━━━ DATA SUPPLIED ━━━

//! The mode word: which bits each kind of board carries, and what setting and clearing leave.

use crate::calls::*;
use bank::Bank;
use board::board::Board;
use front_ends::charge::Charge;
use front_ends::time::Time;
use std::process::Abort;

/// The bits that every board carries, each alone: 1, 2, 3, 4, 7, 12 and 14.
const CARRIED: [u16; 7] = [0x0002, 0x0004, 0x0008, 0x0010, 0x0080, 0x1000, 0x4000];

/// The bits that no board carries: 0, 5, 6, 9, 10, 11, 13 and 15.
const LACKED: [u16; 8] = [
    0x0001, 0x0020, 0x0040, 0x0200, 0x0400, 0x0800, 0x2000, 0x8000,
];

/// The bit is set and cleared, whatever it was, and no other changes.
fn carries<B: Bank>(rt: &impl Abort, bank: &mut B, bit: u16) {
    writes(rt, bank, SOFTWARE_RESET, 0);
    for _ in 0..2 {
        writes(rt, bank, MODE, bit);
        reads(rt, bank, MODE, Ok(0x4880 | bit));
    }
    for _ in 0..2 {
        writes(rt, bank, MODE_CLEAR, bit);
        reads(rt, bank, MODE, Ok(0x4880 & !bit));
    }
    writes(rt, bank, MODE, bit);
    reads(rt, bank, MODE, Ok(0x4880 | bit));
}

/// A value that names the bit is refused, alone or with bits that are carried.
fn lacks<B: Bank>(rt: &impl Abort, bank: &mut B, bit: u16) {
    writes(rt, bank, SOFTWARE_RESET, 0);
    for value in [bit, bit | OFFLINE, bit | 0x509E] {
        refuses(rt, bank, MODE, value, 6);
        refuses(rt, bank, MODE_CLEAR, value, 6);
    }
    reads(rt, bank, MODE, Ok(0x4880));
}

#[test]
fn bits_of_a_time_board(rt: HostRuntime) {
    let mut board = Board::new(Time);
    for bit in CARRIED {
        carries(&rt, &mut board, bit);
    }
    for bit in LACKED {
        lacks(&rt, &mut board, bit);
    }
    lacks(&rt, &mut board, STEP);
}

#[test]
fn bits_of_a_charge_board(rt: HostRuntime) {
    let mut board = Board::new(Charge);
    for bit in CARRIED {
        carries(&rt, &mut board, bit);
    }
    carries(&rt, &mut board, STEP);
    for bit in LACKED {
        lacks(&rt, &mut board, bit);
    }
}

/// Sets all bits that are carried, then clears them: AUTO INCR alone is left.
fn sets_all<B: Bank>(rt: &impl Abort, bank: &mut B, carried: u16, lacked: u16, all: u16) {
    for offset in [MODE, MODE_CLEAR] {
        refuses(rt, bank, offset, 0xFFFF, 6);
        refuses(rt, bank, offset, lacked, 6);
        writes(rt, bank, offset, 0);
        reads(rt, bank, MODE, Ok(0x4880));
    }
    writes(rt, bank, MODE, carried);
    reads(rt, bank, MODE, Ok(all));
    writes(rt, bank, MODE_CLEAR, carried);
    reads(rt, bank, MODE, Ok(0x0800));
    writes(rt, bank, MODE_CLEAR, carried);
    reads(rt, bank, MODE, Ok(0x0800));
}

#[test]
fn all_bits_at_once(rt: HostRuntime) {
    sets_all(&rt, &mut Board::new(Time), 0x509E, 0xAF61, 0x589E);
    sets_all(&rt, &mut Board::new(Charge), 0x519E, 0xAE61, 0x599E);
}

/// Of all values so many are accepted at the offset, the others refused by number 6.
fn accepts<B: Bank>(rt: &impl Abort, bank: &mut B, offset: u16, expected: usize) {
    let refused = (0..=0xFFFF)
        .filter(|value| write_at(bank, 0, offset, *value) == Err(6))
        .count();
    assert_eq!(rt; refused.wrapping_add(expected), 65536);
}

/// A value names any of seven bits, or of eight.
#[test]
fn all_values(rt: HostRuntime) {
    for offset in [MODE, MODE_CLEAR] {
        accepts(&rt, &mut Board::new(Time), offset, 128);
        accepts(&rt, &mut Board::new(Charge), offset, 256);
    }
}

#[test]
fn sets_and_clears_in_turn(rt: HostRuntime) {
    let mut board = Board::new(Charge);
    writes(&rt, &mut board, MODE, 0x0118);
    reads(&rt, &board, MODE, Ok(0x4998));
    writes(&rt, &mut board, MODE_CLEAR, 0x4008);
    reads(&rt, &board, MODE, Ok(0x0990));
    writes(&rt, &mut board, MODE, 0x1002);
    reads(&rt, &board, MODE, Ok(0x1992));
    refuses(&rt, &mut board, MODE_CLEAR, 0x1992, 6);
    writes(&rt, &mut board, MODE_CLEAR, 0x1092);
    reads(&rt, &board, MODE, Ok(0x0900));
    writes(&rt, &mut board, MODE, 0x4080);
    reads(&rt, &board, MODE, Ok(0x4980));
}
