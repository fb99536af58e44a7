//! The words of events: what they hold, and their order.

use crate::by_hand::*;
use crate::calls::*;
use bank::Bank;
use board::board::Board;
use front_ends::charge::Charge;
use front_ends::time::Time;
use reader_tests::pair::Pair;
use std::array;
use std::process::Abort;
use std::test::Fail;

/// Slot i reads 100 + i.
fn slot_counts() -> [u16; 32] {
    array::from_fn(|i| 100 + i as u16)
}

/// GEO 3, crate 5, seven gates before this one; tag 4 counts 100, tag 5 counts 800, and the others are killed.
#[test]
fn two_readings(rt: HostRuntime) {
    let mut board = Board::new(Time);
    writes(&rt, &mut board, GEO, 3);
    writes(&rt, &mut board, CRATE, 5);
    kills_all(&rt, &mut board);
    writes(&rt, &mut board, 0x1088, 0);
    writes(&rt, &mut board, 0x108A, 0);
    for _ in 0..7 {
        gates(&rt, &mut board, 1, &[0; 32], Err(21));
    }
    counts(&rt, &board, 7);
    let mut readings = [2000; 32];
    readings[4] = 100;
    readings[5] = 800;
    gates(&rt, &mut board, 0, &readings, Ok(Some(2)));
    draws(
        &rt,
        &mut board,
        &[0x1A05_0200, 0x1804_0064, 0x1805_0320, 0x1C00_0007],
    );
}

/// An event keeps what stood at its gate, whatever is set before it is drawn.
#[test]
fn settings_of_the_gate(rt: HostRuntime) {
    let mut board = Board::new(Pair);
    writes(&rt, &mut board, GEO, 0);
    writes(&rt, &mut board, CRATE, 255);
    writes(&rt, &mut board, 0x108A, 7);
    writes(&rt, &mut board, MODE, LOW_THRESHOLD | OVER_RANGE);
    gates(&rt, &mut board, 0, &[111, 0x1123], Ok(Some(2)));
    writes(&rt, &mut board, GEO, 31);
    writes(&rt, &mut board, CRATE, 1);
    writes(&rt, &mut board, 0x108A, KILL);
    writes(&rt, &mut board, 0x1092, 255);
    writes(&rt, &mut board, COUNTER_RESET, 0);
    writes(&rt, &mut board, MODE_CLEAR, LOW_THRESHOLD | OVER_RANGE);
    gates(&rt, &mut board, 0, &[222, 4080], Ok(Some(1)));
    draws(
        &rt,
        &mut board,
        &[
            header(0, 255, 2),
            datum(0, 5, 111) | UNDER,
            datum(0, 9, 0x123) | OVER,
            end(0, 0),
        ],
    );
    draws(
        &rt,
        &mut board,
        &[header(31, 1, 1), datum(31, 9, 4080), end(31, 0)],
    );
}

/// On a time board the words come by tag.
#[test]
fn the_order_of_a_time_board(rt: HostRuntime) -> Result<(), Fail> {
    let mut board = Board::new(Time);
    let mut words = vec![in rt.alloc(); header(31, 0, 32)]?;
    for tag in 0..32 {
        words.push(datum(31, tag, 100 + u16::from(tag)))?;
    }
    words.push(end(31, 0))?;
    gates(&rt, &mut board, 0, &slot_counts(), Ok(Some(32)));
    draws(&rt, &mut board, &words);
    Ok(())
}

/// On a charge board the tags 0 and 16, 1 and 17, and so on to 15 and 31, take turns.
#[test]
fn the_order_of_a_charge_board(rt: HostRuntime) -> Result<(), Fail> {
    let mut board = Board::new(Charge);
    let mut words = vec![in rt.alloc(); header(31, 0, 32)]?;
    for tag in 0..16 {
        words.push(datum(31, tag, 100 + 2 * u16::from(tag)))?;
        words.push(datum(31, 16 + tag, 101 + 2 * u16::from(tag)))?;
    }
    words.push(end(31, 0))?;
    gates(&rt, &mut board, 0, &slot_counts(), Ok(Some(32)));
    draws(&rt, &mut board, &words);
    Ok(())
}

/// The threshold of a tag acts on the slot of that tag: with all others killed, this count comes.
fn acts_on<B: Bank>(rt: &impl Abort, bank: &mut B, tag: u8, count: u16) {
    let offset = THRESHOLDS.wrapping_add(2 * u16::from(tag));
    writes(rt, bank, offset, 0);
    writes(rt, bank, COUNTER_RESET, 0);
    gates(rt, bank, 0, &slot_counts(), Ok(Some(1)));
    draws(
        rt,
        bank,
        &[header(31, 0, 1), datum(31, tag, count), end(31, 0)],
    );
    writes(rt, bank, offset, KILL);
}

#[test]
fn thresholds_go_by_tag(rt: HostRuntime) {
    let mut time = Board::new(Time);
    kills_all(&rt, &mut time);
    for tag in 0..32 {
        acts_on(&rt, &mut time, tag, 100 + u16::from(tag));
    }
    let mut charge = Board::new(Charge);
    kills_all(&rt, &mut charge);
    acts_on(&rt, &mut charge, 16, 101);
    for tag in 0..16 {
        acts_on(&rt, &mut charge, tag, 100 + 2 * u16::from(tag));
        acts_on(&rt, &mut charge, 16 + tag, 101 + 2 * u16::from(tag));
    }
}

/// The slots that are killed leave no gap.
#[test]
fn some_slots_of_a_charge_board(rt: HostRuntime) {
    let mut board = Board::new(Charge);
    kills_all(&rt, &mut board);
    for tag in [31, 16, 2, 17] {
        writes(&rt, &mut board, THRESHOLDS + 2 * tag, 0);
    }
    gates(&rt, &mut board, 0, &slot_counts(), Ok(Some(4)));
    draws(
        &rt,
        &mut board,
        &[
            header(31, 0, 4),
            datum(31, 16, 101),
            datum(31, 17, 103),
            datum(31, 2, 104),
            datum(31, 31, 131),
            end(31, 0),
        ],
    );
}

━━━
━━━ DATA SUPPLIED ━━━

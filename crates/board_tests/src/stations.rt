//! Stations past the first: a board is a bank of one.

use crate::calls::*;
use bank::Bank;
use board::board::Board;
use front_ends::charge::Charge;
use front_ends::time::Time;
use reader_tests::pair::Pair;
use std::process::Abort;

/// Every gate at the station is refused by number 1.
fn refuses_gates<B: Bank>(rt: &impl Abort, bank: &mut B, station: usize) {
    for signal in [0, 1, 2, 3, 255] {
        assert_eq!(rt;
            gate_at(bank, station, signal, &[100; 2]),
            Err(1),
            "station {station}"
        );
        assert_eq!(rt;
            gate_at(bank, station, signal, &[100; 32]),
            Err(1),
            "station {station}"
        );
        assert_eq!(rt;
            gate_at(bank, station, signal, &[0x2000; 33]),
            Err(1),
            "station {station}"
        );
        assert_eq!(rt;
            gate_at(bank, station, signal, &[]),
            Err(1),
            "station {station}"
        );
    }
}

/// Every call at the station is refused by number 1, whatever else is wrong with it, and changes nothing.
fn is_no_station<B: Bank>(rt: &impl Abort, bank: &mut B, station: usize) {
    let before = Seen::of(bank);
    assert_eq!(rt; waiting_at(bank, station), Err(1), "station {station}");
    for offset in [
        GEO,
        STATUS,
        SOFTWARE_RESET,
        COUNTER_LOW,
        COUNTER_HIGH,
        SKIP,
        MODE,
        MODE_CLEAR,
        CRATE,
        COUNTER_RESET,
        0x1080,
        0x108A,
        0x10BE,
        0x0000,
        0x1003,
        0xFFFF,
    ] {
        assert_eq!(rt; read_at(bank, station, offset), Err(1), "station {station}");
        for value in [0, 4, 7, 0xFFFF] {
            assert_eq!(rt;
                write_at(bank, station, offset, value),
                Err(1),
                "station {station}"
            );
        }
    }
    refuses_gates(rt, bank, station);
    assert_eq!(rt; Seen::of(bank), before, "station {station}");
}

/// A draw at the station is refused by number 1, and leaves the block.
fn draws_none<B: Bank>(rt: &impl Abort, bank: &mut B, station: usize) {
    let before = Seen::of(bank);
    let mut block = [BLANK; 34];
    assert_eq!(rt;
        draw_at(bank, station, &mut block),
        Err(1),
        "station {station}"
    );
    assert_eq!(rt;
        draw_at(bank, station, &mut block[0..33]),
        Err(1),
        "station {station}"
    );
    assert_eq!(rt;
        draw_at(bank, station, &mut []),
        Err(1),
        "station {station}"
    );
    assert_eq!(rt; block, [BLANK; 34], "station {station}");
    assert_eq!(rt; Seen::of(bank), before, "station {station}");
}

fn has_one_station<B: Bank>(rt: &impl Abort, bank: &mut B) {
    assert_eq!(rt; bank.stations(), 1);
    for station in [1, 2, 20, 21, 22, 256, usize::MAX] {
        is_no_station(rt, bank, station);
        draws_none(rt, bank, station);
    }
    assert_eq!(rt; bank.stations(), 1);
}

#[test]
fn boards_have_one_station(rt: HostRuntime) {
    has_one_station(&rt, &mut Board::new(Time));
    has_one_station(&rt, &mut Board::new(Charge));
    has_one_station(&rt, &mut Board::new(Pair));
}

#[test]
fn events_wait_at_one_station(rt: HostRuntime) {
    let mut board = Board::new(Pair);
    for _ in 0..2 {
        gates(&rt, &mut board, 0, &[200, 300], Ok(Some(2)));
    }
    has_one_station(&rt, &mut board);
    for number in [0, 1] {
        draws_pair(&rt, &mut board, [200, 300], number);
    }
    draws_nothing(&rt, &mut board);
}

━━━

- TASK ITEM -
Given the records above, restate word for word only the lines starting at the one with "come by tag." and ending at the one with "this count comes.".

- TASK OUTPUT -
/// On a time board the words come by tag.
#[test]
fn the_order_of_a_time_board(rt: HostRuntime) -> Result<(), Fail> {
    let mut board = Board::new(Time);
    let mut words = vec![in rt.alloc(); header(31, 0, 32)]?;
    for tag in 0..32 {
        words.push(datum(31, tag, 100 + u16::from(tag)))?;
    }
    words.push(end(31, 0))?;
    gates(&rt, &mut board, 0, &slot_counts(), Ok(Some(32)));
    draws(&rt, &mut board, &words);
    Ok(())
}

/// On a charge board the tags 0 and 16, 1 and 17, and so on to 15 and 31, take turns.
#[test]
fn the_order_of_a_charge_board(rt: HostRuntime) -> Result<(), Fail> {
    let mut board = Board::new(Charge);
    let mut words = vec![in rt.alloc(); header(31, 0, 32)]?;
    for tag in 0..16 {
        words.push(datum(31, tag, 100 + 2 * u16::from(tag)))?;
        words.push(datum(31, 16 + tag, 101 + 2 * u16::from(tag)))?;
    }
    words.push(end(31, 0))?;
    gates(&rt, &mut board, 0, &slot_counts(), Ok(Some(32)));
    draws(&rt, &mut board, &words);
    Ok(())
}

/// The threshold of a tag acts on the slot of that tag: with all others killed, this count comes.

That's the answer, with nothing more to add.